Set down the listing below verbatim, but only from its first line through the line containing "fn spells(packet: &PacketView, bytes: &[u8])".

++++++++++

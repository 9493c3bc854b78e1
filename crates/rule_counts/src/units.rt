//! Units among the packets that were sealed.

ghost use Rattle.std.specs.Prelude.{◌≡◌, ◌≢◌, ℕ, List, MatchOption, ◌+◌, ◌==◌, ◌++◌, ◌∷◌, [], drop, length, nat_eq};
ghost use Rattle.std.specs.Bool.{Decides};
ghost use Rattle.std.specs.Cmp.Lexicographic.{pointwise};
ghost use Rattle.ide_prefix.specs.Cut.{lent_tag, packet_of_view};
ghost use Rattle.ide_prefix.specs.Packet.{packet_bytes};
ghost use Rattle.spec_links.specs.Plan.{lane_in};
ghost use Rattle.rule_counts.specs.Units.{is_first, is_last, is_same_front, is_unit_after};

use crate::lanes::Lane;
use all_ends::Packets;
use event_verdicts::SealedPacket;
use ide_prefix::{PacketView, write_prefix};
use sub_stream::Delivered;

fn tag_of<'a>(packet: &PacketView<'a>) -> &'a [u8]
    ensures { result.now ≡ lent_tag packet.now.tag }
{
    match packet.tag {
        None => &[],
        Some(tag) => tag,
    }
}

// What comes behind the first bytes, if these are they.
fn behind<'a>(bytes: &'a [u8], first: &[u8]) -> Option<&'a [u8]>
    ensures { MatchOption result ((rest : List ℕ) → first.now ++ rest ≢ bytes.now)
        (λ rest. first.now ++ rest.now ≡ bytes.now) }
{
    bytes.strip_prefix(first)
}

// Whether the bytes are the packet's.
fn spells(packet: &PacketView, bytes: &[u8]) -> bool
    ensures { Decides result (packet_bytes (packet_of_view packet.now) ≡ bytes.now) }
{
    let prefix = write_prefix(&packet.prefix);
    let Some(rest) = behind(bytes, &prefix) else {
        return false;
    };
    let Some(rest) = behind(rest, packet.head) else {
        return false;
    };
    let Some(rest) = behind(rest, packet.body) else {
        return false;
    };
    rest == tag_of(packet)
}

/// A unit: packets that are held, and the one that ends it.
#[derive(Drop)]
pub(crate) struct Unit<'a> {
    pub held: Delivered<'a>,
    pub last: PacketView<'a>,
}

impl Unit<'_> {
    // Whether the bytes are those of the packet at this place, from 0.
    fn is_at(&self, place: usize, bytes: &[u8]) -> bool
        ensures { result ≡ is_first (drop place (self.now.held ++ packet_of_view self.now.last ∷ [])) bytes.now }
    {
        if place < self.held.count() {
            spells(&self.held.packet(place), bytes)
        } else if place == self.held.count() {
            spells(&self.last, bytes)
        } else {
            false
        }
    }

    // Whether the packet at this place is the last.
    fn ends_at(&self, place: usize) -> bool
        ensures { result ≡ is_last (drop place (self.now.held ++ packet_of_view self.now.last ∷ [])) }
    {
        place == self.held.count()
    }

    /// Whether it comes after so many units among the packets that were sealed in a sub-stream under a draw, as they
    /// are described and as they are kept.
    pub(crate) fn is_after(
        &self,
        lane: Lane,
        draw: u32,
        units: u64,
        described: &[SealedPacket],
        kept: &Packets,
    ) -> bool
        ensures { result ≡ is_unit_after (lane_in lane.end lane.stream lane.sub) draw units
            (self.now.held ++ packet_of_view self.now.last ∷ []) described.now kept.now.packets }
    {
        let mut left = units;
        let mut place = 0;
        for (i, packet) in described.iter().enumerate() {
            let Some((_, bytes)) = kept.get(i as u64 + 1) else {
                return false;
            };
            if lane.has_under(draw, packet) {
                if left > 0 {
                    if packet.m {
                        left -= 1;
                    }
                } else if !self.is_at(place, bytes) {
                    return false;
                } else if packet.m {
                    return self.ends_at(place);
                } else {
                    place += 1;
                }
            }
        }
        false
    }
}

/// Whether what comes ahead of the unit after so many is the same by the total of a sender and by that of a receiver.
pub(crate) fn is_same_front(closed: bool, units: u64, sent: u64, got: u64) -> bool
    ensures { result ≡ is_same_front closed units sent got }
{
    !closed || units != 0 || sent.to_be_bytes() == got.to_be_bytes()
}
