//! The rules that are told of an event, and how often each was told.

ghost use Rattle.std.specs.Prelude.{◌≡◌, ◌++◌, ◌≤◌, ◌<◌, ◌^◌, IfOk, length, map};
ghost use Rattle.why_facts.specs.{effect_rule_of};
ghost use Rattle.rule_counts.specs.Counting.{counted, counted_all};
ghost use Rattle.rule_counts.specs.Told.{effect_rules, event_rules};

use crate::names::{place_in, rules};
use event_verdicts::{Effect, Verdict};
use ide_types::{OutOfMemory, PortName, SubKind};
use script_events::Event;
use std::alloc::Global;
use told_facts::Fact;
use why_facts::{effect_rule, rule};

// These rules, and behind them that of each effect of the packets of a unit that an end accepted.
fn with_effects(
    mut told: Vec<&'static str>,
    port: PortName,
    sub: SubKind,
    effects: &[Effect],
) -> Result<Vec<&'static str>, OutOfMemory>
    ensures { IfOk result (λ all. map (λ s. s.now) all.items ≡ map (λ s. s.now) told.entry.items
        ++ map (effect_rule_of port sub) effects.now) }
{
    for effect in effects {
        told.push(effect_rule(port, sub, *effect))?;
    }
    Ok(told)
}

/// The rules that are told of an event: the one that answers it, and of an accepted unit that of each packet's effect.
pub(crate) fn rules_of(
    alloc: Global,
    event: &Event,
    verdict: &Verdict,
    facts: &[Fact],
) -> Result<Vec<&'static str>, OutOfMemory>
    ensures rules { IfOk result (λ told. map (λ s. s.now) told.items ≡ event_rules event.now verdict.now facts.now) }
    ensures few { length (effect_rules verdict.now) ≤ 8 }
{
    let mut told = Vec::new(alloc);
    match verdict {
        Verdict::Accepted {
            port,
            unit,
            effects,
        } => {
            told.reserve(1 + effects.len())?;
            told.push(rule(event, verdict, facts))?;
            with_effects(told, *port, unit.sub, effects.as_slice())
        }
        _ => {
            told.push(rule(event, verdict, facts))?;
            Ok(told)
        }
    }
}

// Counts a rule once more; a count stays at its last value.
fn count(counts: &mut Vec<u64>, rule: &str)
    ensures { counts.new.items ≡ counted rule.now counts.old.items }
{
    let place = place_in(rules(), rule);
    if place < counts.len() {
        counts[place] = counts[place].saturating_add(1);
    }
}

/// Counts each of these rules once more.
pub(crate) fn count_all(counts: &mut Vec<u64>, told: &[&'static str])
    ensures { counts.new.items ≡ counted_all (map (λ s. s.now) told.now) counts.old.items }
{
    for rule in told {
        count(counts, rule);
    }
}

++++++++++

- [RESULT]
repository 9493c3bc854b78e1
filename crates/rule_counts/src/units.rt
//! Units among the packets that were sealed.

ghost use Rattle.std.specs.Prelude.{◌≡◌, ◌≢◌, ℕ, List, MatchOption, ◌+◌, ◌==◌, ◌++◌, ◌∷◌, [], drop, length, nat_eq};
ghost use Rattle.std.specs.Bool.{Decides};
ghost use Rattle.std.specs.Cmp.Lexicographic.{pointwise};
ghost use Rattle.ide_prefix.specs.Cut.{lent_tag, packet_of_view};
ghost use Rattle.ide_prefix.specs.Packet.{packet_bytes};
ghost use Rattle.spec_links.specs.Plan.{lane_in};
ghost use Rattle.rule_counts.specs.Units.{is_first, is_last, is_same_front, is_unit_after};

use crate::lanes::Lane;
use all_ends::Packets;
use event_verdicts::SealedPacket;
use ide_prefix::{PacketView, write_prefix};
use sub_stream::Delivered;

fn tag_of<'a>(packet: &PacketView<'a>) -> &'a [u8]
    ensures { result.now ≡ lent_tag packet.now.tag }
{
    match packet.tag {
        None => &[],
        Some(tag) => tag,
    }
}

// What comes behind the first bytes, if these are they.
fn behind<'a>(bytes: &'a [u8], first: &[u8]) -> Option<&'a [u8]>
    ensures { MatchOption result ((rest : List ℕ) → first.now ++ rest ≢ bytes.now)
        (λ rest. first.now ++ rest.now ≡ bytes.now) }
{
    bytes.strip_prefix(first)
}

// Whether the bytes are the packet's.
fn spells(packet: &PacketView, bytes: &[u8]) -> bool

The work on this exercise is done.